**STUDY MATERIAL**.
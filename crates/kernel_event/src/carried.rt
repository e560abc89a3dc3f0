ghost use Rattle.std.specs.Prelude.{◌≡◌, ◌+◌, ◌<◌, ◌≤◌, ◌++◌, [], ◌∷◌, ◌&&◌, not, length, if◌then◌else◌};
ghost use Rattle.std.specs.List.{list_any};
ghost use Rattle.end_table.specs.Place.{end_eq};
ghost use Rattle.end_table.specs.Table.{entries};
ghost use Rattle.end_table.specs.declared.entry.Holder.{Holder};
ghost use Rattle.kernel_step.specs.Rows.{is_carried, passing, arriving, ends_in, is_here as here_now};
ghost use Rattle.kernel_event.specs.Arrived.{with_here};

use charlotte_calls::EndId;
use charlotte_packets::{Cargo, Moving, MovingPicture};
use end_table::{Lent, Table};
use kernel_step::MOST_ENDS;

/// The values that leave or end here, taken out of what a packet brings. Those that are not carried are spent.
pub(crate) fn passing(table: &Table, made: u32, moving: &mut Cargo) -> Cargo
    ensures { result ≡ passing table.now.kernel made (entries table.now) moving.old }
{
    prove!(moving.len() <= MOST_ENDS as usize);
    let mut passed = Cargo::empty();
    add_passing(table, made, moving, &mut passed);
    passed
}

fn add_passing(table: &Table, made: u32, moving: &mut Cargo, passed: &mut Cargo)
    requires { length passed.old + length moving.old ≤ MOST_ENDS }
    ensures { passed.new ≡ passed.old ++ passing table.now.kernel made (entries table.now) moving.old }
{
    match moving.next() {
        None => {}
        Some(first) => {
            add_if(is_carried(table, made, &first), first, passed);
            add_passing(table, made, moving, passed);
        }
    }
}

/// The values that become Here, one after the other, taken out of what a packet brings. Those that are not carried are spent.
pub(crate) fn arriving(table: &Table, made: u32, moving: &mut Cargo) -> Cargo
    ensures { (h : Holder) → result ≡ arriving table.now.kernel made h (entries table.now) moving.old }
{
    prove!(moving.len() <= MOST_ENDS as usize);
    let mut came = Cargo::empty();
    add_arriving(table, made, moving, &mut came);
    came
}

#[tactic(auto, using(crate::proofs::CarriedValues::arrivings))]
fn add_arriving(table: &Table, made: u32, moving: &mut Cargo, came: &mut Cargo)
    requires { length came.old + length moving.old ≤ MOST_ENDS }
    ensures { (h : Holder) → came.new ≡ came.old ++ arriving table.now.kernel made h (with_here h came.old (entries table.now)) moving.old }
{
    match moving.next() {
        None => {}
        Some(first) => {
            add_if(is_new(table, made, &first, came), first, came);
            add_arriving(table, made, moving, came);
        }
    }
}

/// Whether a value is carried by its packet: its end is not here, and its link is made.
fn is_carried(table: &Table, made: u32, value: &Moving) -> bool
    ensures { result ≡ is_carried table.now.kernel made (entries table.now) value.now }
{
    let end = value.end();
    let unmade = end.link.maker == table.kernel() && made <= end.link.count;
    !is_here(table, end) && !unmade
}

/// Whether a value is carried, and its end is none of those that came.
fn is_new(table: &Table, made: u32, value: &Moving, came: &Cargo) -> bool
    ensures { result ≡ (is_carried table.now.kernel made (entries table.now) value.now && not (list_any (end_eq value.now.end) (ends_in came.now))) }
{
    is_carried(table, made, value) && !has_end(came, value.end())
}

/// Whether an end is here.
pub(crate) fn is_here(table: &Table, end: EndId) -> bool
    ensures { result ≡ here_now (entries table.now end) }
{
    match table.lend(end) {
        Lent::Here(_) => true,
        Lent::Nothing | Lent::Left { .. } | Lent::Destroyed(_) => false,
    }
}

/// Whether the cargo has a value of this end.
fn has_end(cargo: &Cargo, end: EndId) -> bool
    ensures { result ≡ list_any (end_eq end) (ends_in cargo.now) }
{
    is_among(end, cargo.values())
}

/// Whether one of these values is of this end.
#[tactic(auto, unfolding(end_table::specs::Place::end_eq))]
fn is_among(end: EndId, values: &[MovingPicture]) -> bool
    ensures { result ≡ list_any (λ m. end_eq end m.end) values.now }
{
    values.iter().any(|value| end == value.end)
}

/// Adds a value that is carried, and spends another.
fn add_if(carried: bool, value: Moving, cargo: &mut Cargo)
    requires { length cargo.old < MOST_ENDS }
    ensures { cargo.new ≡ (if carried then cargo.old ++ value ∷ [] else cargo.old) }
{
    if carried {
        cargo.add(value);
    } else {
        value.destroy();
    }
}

==

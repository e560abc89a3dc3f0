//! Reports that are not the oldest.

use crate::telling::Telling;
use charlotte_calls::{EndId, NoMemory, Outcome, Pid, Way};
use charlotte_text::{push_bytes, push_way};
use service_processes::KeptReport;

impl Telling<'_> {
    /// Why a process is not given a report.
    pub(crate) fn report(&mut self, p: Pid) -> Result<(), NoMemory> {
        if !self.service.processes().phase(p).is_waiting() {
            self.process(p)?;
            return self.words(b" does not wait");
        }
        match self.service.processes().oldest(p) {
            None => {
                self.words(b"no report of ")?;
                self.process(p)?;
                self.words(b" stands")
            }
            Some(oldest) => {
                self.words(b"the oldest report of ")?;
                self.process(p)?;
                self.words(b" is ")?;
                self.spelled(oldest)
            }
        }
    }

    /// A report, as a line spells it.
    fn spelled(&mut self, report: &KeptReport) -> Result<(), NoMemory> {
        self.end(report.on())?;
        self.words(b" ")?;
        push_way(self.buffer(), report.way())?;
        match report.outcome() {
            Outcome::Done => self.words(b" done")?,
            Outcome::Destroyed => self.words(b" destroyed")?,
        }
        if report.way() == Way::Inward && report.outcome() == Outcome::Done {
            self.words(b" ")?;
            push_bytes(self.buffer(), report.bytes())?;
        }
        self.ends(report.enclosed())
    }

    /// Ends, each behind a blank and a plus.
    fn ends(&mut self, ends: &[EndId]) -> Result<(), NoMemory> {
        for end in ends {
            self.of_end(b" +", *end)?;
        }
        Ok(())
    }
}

**WORK INSTRUCTION**. Taking the line with "filename crates/kernel_event/src/carried.rt" as the first and the line with "use charlotte_calls::EndId;" as the last, retype that stretch of the data above exactly, with no other lines.

**SOLVED PROBLEM**.
filename crates/kernel_event/src/carried.rt
repository e560abc89a3dc3f0
ghost use Rattle.std.specs.Prelude.{◌≡◌, ◌+◌, ◌<◌, ◌≤◌, ◌++◌, [], ◌∷◌, ◌&&◌, not, length, if◌then◌else◌};
ghost use Rattle.std.specs.List.{list_any};
ghost use Rattle.end_table.specs.Place.{end_eq};
ghost use Rattle.end_table.specs.Table.{entries};
ghost use Rattle.end_table.specs.declared.entry.Holder.{Holder};
ghost use Rattle.kernel_step.specs.Rows.{is_carried, passing, arriving, ends_in, is_here as here_now};
ghost use Rattle.kernel_event.specs.Arrived.{with_here};

use charlotte_calls::EndId;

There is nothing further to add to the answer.